This album is spilt into synclavier tracks, actual instrument tracks with some sort of a poppish leaning, and instrumentals, with the emphasis on the synclavier (in both terms of quanity and quality). For that fact, I would give this album a boost in rating, being that I've always enjoyed his synclavier pieces, and that they provide some sort of reprieve from the poppier songs. Not to mention that using the synclavier would also increase the progressiveness of this record, being that this is surely different and boundary pushing, at least to some degree. However, that 80s sound does tend to creep into the picture a few times throughout, but its presence is limited and short lived (and for that I say thank God). Each synclavier track is an interesting view on the instrument in its own right, and shows that quite agreeable pieces can be coerced from the thing.

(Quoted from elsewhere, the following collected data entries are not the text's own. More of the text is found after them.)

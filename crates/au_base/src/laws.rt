//! Laws of codes, limits and built-in names.
ghost use Rattle.std.specs.Prelude.{List, Bool};
ghost use Rattle.au_base.specs.FirstCode.{IsFirstCode, first_code};
ghost use Rattle.au_base.specs.Listed.{AreCodesListed, AreEachListed, AreLimitsListed, AreNamesListed};
ghost use Rattle.au_base.specs.declared.code.Code.{Code};

/// Each code and each limit of the program has the number that the tables list, each name that is
/// there from the start has its bytes, and all actions and system privileges stand in the order of
/// their numbers. It does nothing, and states the law for its callers.
pub fn constants_are_as_listed()
    ensures codes { AreCodesListed }
    ensures limits { AreLimitsListed }
    ensures names { AreNamesListed }
    ensures each { AreEachListed }
{}

/// The first rule that is broken gives the code; where no rule has `DONE`, that comes exactly where
/// none is broken. It does nothing, and states the law for its callers.
pub fn first_rule_gives_the_code()
    ensures { (rules : List (Bool × Code)) → IsFirstCode rules (first_code rules) }
{}
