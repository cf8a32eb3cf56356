//! Moments as texts.
ghost use Rattle.std.specs.Prelude.{◌≡◌, ◌+◌, ◌/◌, ◌%◌, ◌<◌, min, ◌≤◌};
ghost use Rattle.au_base.specs.Calendar.{IsCivil};
ghost use Rattle.au_base.specs.Limits.{LAST_MOMENT};
ghost use Rattle.au_base.specs.Moments.{IsMomentText, civil_text, text_of_moment};

use crate::calendar::{Civil, LAST_MOMENT, civil_of};

/// The text of a moment, in microseconds since 1970-01-01 00:00:00 UTC, as
/// `YYYY-MM-DD HH:MM:SS.ffffff`; the text of the last moment where the moment is over it.
pub fn moment_text(moment: u64) -> [u8; 26]
    ensures text { result ≡ text_of_moment (min moment LAST_MOMENT) }
    ensures told { IsMomentText (min moment LAST_MOMENT) result }
{
    text_at(moment.min(LAST_MOMENT))
}

fn text_at(moment: u64) -> [u8; 26]
    requires { moment ≤ LAST_MOMENT }
    ensures told { IsMomentText moment result }
    ensures value { result ≡ text_of_moment moment }
{
    text_of(civil_of(moment))
}

fn text_of(c: Civil) -> [u8; 26]
    requires { IsCivil c }
    ensures { result ≡ civil_text c }
{
    [
        tens(c.year / 100),
        ones(c.year / 100),
        tens(c.year % 100),
        ones(c.year % 100),
        b'-',
        tens(c.month),
        ones(c.month),
        b'-',
        tens(c.day),
        ones(c.day),
        b' ',
        tens(c.hour),
        ones(c.hour),
        b':',
        tens(c.minute),
        ones(c.minute),
        b':',
        tens(c.second),
        ones(c.second),
        b'.',
        tens(c.micro / 10_000),
        ones(c.micro / 10_000),
        tens(c.micro / 100 % 100),
        ones(c.micro / 100 % 100),
        tens(c.micro % 100),
        ones(c.micro % 100),
    ]
}

fn tens(n: u32) -> u8
    requires { n < 100 }
    ensures { result ≡ 48 + n / 10 }
{
    b'0' + (n / 10) as u8
}

fn ones(n: u32) -> u8
    ensures { result ≡ 48 + n % 10 }
{
    b'0' + (n % 10) as u8
}
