//! Return codes.
ghost use Rattle.std.specs.Prelude.{◌≡◌, Bool};
ghost use Rattle.std.specs.List.{find};
ghost use Rattle.au_base.specs.declared.code.Code.{Code};
ghost use Rattle.au_base.specs.FirstCode.{first_code};

/// The return code of a statement: 0, or the number of the first rule that it breaks.
///
/// The numbers are this project's own table, chosen near Oracle's; docs/CODES.md says when each
/// comes.
#[derive(Clone, Copy, Debug, PartialEq, Eq, PartialOrd, Ord, Hash)]
pub struct Code(pub u32);

impl Code {
    /// The statement was done.
    pub const DONE: Code = Code(0);
    /// A row with this key is present.
    pub const KEY_PRESENT: Code = Code(1);
    /// Too many sessions are open, or were.
    pub const TOO_MANY_SESSIONS: Code = Code(18);
    /// The row, the key or the table is locked by another session.
    pub const LOCKED: Code = Code(54);
    /// The text has no reading.
    pub const NOT_READ: Code = Code(900);
    /// No such column.
    pub const UNKNOWN_COLUMN: Code = Code(904);
    /// More values than columns.
    pub const TOO_MANY_VALUES: Code = Code(913);
    /// The column is in more than one table.
    pub const AMBIGUOUS_COLUMN: Code = Code(918);
    /// An expression of the wrong kind.
    pub const WRONG_KIND: Code = Code(932);
    /// No such table for this user.
    pub const NO_SUCH_TABLE: Code = Code(942);
    /// Fewer values than columns.
    pub const TOO_FEW_VALUES: Code = Code(947);
    /// The name is used already.
    pub const NAME_USED: Code = Code(955);
    /// A column is named twice.
    pub const COLUMN_TWICE: Code = Code(957);
    /// The client has no session.
    pub const NOT_LOGGED_ON: Code = Code(1012);
    /// The user or the password is wrong.
    pub const BAD_LOGON: Code = Code(1017);
    /// A privilege is missing.
    pub const PRIVILEGE_MISSING: Code = Code(1031);
    /// The user may not log on: CREATE SESSION is missing.
    pub const NO_CREATE_SESSION: Code = Code(1045);
    /// NULL is inserted into a column that is NOT NULL.
    pub const NULL_INSERTED: Code = Code(1400);
    /// A column that is NOT NULL is set to NULL.
    pub const NULL_SET: Code = Code(1407);
    /// A number has over 18 digits.
    pub const OVERFLOW: Code = Code(1426);
    /// A number is too wide for its column.
    pub const NUMBER_TOO_WIDE: Code = Code(1438);
    /// No such user or role to grant to.
    pub const NO_SUCH_GRANTEE: Code = Code(1917);
    /// No such user.
    pub const NO_SUCH_USER: Code = Code(1918);
    /// No such role.
    pub const NO_SUCH_ROLE: Code = Code(1919);
    /// The name of a new user is used already.
    pub const USER_NAME_USED: Code = Code(1920);
    /// The name of a new role is used already.
    pub const ROLE_NAME_USED: Code = Code(1921);
    /// The user owns tables.
    pub const USER_OWNS_TABLES: Code = Code(1922);
    /// An object privilege was not granted.
    pub const OBJECT_PRIVILEGE_NOT_GRANTED: Code = Code(1927);
    /// The grant would close a circle of roles.
    pub const CIRCULAR_ROLE_GRANT: Code = Code(1934);
    /// The user is connected.
    pub const USER_CONNECTED: Code = Code(1940);
    /// A role was not granted.
    pub const ROLE_NOT_GRANTED: Code = Code(1951);
    /// A system privilege was not granted.
    pub const PRIVILEGE_NOT_GRANTED: Code = Code(1952);
    /// A second primary key.
    pub const SECOND_PRIMARY_KEY: Code = Code(2260);
    /// A text is too long for its column.
    pub const TEXT_TOO_LONG: Code = Code(12899);
    /// The fine-grained policy is there already.
    pub const FINE_GRAINED_POLICY_PRESENT: Code = Code(28101);
    /// No such fine-grained policy.
    pub const NO_SUCH_FINE_GRAINED_POLICY: Code = Code(28102);
    /// A bad argument of a package call.
    pub const BAD_ARGUMENT: Code = Code(28104);
    /// A bad argument of DBMS_AUDIT_MGMT.
    pub const BAD_MANAGEMENT_ARGUMENT: Code = Code(46250);
    /// The audit policy is enabled in the other mode.
    pub const OTHER_MODE: Code = Code(46350);
    /// The audit policy is not enabled in this way.
    pub const NOT_ENABLED_SO: Code = Code(46351);
    /// No such audit policy.
    pub const NO_SUCH_POLICY: Code = Code(46357);
    /// The audit policy is there already.
    pub const POLICY_PRESENT: Code = Code(46358);
    /// The audit policy is enabled.
    pub const POLICY_ENABLED: Code = Code(46361);
    /// The audit trail can't be written.
    pub const TRAIL_READ_ONLY: Code = Code(46385);
    /// Too many tables in FROM, or too many combinations of rows.
    pub const TOO_MANY_COMBINATIONS: Code = Code(99001);
    /// Too many rows in a reply.
    pub const TOO_MANY_ROWS: Code = Code(99002);
    /// Too many objects of a kind.
    pub const TOO_MANY_OBJECTS: Code = Code(99003);
    /// Too many row numbers in a table.
    pub const TOO_MANY_ROW_NUMBERS: Code = Code(99004);
    /// The condition of an audit policy is not read, or is not allowed.
    pub const BAD_CONDITION: Code = Code(99005);
    /// Too many parentheses are open.
    pub const TOO_DEEP: Code = Code(99006);
    /// The text of a statement is too long.
    pub const STATEMENT_TOO_LONG: Code = Code(99007);
    /// The client has a session.
    pub const SESSION_PRESENT: Code = Code(99008);
    /// Too many changes in a transaction.
    pub const TOO_MANY_CHANGES: Code = Code(99009);
    /// The audit policy would have no part. It comes with ALTER AUDIT POLICY, which isn't built
    /// yet.
    pub const NO_PART_LEFT: Code = Code(99010);
    /// The purge job is there already. It comes with DBMS_AUDIT_MGMT.CREATE_PURGE_JOB, which isn't
    /// built yet.
    pub const JOB_PRESENT: Code = Code(99011);
    /// No such purge job. It comes with the other procedures of DBMS_AUDIT_MGMT that name a job,
    /// which aren't built yet.
    pub const NO_SUCH_JOB: Code = Code(99012);

    /// The code of the first rule that is broken, where each rule is whether it is broken and its
    /// code; `DONE` where none is.
    #[tactic(auto, using(crate::proofs::FirstRule::found, crate::proofs::FirstRule::missed))]
    pub fn first(rules: &[(bool, Code)]) -> Code
        ensures { result ≡ first_code rules.now }
    {
        match first_broken(rules) {
            Some((_, code)) => code,
            None => Code::DONE,
        }
    }
}

fn first_broken(rules: &[(bool, Code)]) -> Option<(bool, Code)>
    ensures { result ≡ find (λ (rule : Bool × Code). rule.0) rules.now }
{
    rules.iter().copied().find(|rule| rule.0)
}
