//! What clients ask for.

use crate::Text;

/// What a client asks for.
#[derive(Debug, Drop, PartialEq, Eq)]
pub enum Ask {
    /// To be logged on as SYS with no password. Only a script can ask so.
    Local,
    /// To be logged on. The user's name is read as an identifier.
    Logon { user: Text, password: Text },
    /// To have a statement done.
    Sql(Text),
    /// To be logged off.
    Logoff,
}
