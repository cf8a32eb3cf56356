//! The test LIKE.
ghost use Rattle.std.specs.Prelude.{◌≡◌, ◌≢◌, ◌<◌, ◌↔◌, ◌∷◌, [], IfSome, IsTrue, IsUtf8, MatchOption, length};
ghost use Rattle.std.specs.Str.{chars};
ghost use Rattle.au_base.specs.Fronts.{IsFront, IsLess};
ghost use Rattle.au_base.specs.Likes.{IsLike};

use crate::Text;

/// Whether a text is like a pattern, in which `%` stands for any characters and `_` for one
/// character of UTF-8 (SQL Language Reference, "LIKE Condition"). It takes no memory.
pub fn like(text: &Text, pattern: &Text) -> bool
    ensures { IsTrue result ↔ IsLike (chars pattern.now) (chars text.now) }
{
    match compare_front(text.as_str(), pattern.as_str()) {
        Front::Differs => false,
        Front::Whole => true,
        Front::Percent(end, wanted) => has_end_like(end, wanted),
    }
}

// How the characters of a pattern up to its first `%` stand to a text.
#[derive(Clone, Copy)]
enum Front<'a> {
    // The text isn't like the pattern.
    Differs,
    // There is no `%`, and the text is like the pattern.
    Whole,
    // They name the front of the text. Here are the text behind it and the pattern behind the `%`.
    Percent(&'a str, &'a str),
}

// Whether some end of the text is like the pattern; the text and the empty text are such ends.
fn has_end_like(text: &str, pattern: &str) -> bool
    ensures { IsTrue result ↔ IsLike (37 ∷ chars pattern.now) (chars text.now) }
{
    let mut end = text;
    let mut wanted = pattern;
    loop {
        match compare_front(end, wanted) {
            Front::Whole => return true,
            Front::Percent(later_end, later_wanted) => {
                end = later_end;
                wanted = later_wanted;
            }
            Front::Differs => match split_first(end) {
                Some((_, later_end)) => end = later_end,
                None => return false,
            },
        }
    }
}

fn compare_front<'a>(text: &'a str, pattern: &'a str) -> Front<'a>
    ensures front { IsFront (chars pattern.now) (chars text.now) result }
    ensures less { IsLess pattern.now text.now result }
{
    let mut rest = text;
    let mut names = pattern;
    loop {
        match split_first(names) {
            None if rest.is_empty() => return Front::Whole,
            None => return Front::Differs,
            Some(('%', later_names)) => return Front::Percent(rest, later_names),
            Some((name, later_names)) => match split_first(rest) {
                None => return Front::Differs,
                Some((named, later_rest)) => {
                    if !is_named(name, named) {
                        return Front::Differs;
                    }
                    rest = later_rest;
                    names = later_names;
                }
            },
        }
    }
}

// Whether the character of a pattern, which isn't `%`, names the other.
fn is_named(name: char, named: char) -> bool
    ensures { IsTrue result ↔ (name ≢ 95 → named ≡ name) }
{
    name == '_' || named == name
}

// The first character, and the text behind it.
fn split_first(text: &str) -> Option<(char, &str)>
    ensures cut { MatchOption result (chars text.now ≡ []) (λ cut. chars text.now ≡ cut.0 ∷ chars cut.1.now) }
    ensures less { MatchOption result (text.now ≡ []) (λ cut. length cut.1.now < length text.now) }
    ensures utf8 { IfSome result (λ cut. IsUtf8 cut.1.now) }
{
    let mut rest = text.chars();
    let first = rest.next()?;
    Some((first, rest.as_str()))
}
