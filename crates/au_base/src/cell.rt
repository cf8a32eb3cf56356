//! Cells, and how they compare.
ghost use Rattle.std.specs.Prelude.{◌≡◌, ◌↔◌, IfOk, IsTrue};
ghost use Rattle.au_base.specs.Cells.{IsSoundCell, comparison, text_cell};

use crate::arithmetic::fits_digits;
use crate::{LAST_MOMENT, Text};
use std::alloc::AllocError;
use std::cmp::Ordering;

/// The content of one column of one row.
#[derive(Debug, Drop, PartialEq, Eq)]
pub enum Cell {
    /// NULL, which the empty text is too.
    Null,
    /// A whole number of up to 18 digits.
    Num(i64),
    /// A text that isn't empty.
    Text(Text),
    /// Microseconds since 1970-01-01 00:00:00 UTC, up to the last moment of the year 9999.
    Moment(u64),
}

impl Cell {
    /// The cell of a text: NULL where it is empty. It takes no memory.
    pub fn from_text(text: Text) -> Cell
        ensures value { result ≡ text_cell text }
        ensures sound { IsSoundCell result }
    {
        if text.as_bytes().is_empty() {
            return Cell::Null;
        }
        Cell::Text(text)
    }

    /// Whether it is a cell that a row, a value or a reply may have: a number of at most 18 digits,
    /// a text that isn't empty, or a moment that isn't over the last one.
    pub fn is_sound(&self) -> bool
        ensures { IsTrue result ↔ IsSoundCell self.now }
    {
        match self {
            Cell::Null => true,
            Cell::Num(number) => fits_digits(*number),
            Cell::Text(text) => !text.as_bytes().is_empty(),
            Cell::Moment(moment) => *moment <= LAST_MOMENT,
        }
    }
}

impl Clone for Cell {
    ghost is_clone = { λ cell copy. copy ≡ cell };

    fn clone(&self) -> Result<Self, AllocError> {
        match self {
            Cell::Null => Ok(Cell::Null),
            Cell::Num(number) => Ok(Cell::Num(*number)),
            Cell::Text(text) => Ok(Cell::Text(text.clone()?)),
            Cell::Moment(moment) => Ok(Cell::Moment(*moment)),
        }
    }
}

/// How two cells compare: numbers and moments as numbers, texts by bytes. `None` exactly where one
/// is Null or the kinds differ (SQL Language Reference, "Data Type Comparison Rules"; the order of
/// texts by bytes is this project's profile).
pub fn compare(a: &Cell, b: &Cell) -> Option<Ordering>
    ensures { result ≡ comparison a.now b.now }
{
    match (a, b) {
        (Cell::Num(a), Cell::Num(b)) => Some(a.cmp(b)),
        (Cell::Text(a), Cell::Text(b)) => Some(a.cmp(b)),
        (Cell::Moment(a), Cell::Moment(b)) => Some(a.cmp(b)),
        _ => None,
    }
}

The quote unquote magnum opus of this CD is Porn Wars, which includes actual dialogue from the famous (or infamous) Senate hearings about censorship on music. The song is primarily synclavier based, but the conversations are interweaved quite well, including adding that typical Zappa humor along the way. To some degree this song is worth the price of admission along (espeically since this CD seems to be available for fairly cheap). But never fear, there is more to hear. Aside from the aforementioned Synclavier tracks, three tracks are of interest to me. What's New In Baltimore? is a fun instrumental with nice xylophone work that eventually morphs into a cool little guitar solo. Alien Orifice is similar albeit somewhat simplier. Of the three remaining tracks (I Don't Even Care, We're Turning Again, and Yo Cats), We're Turning Again provides the most amount of enjoyment IMO, though all three are fairly straight forward and are easily the low points of this disc.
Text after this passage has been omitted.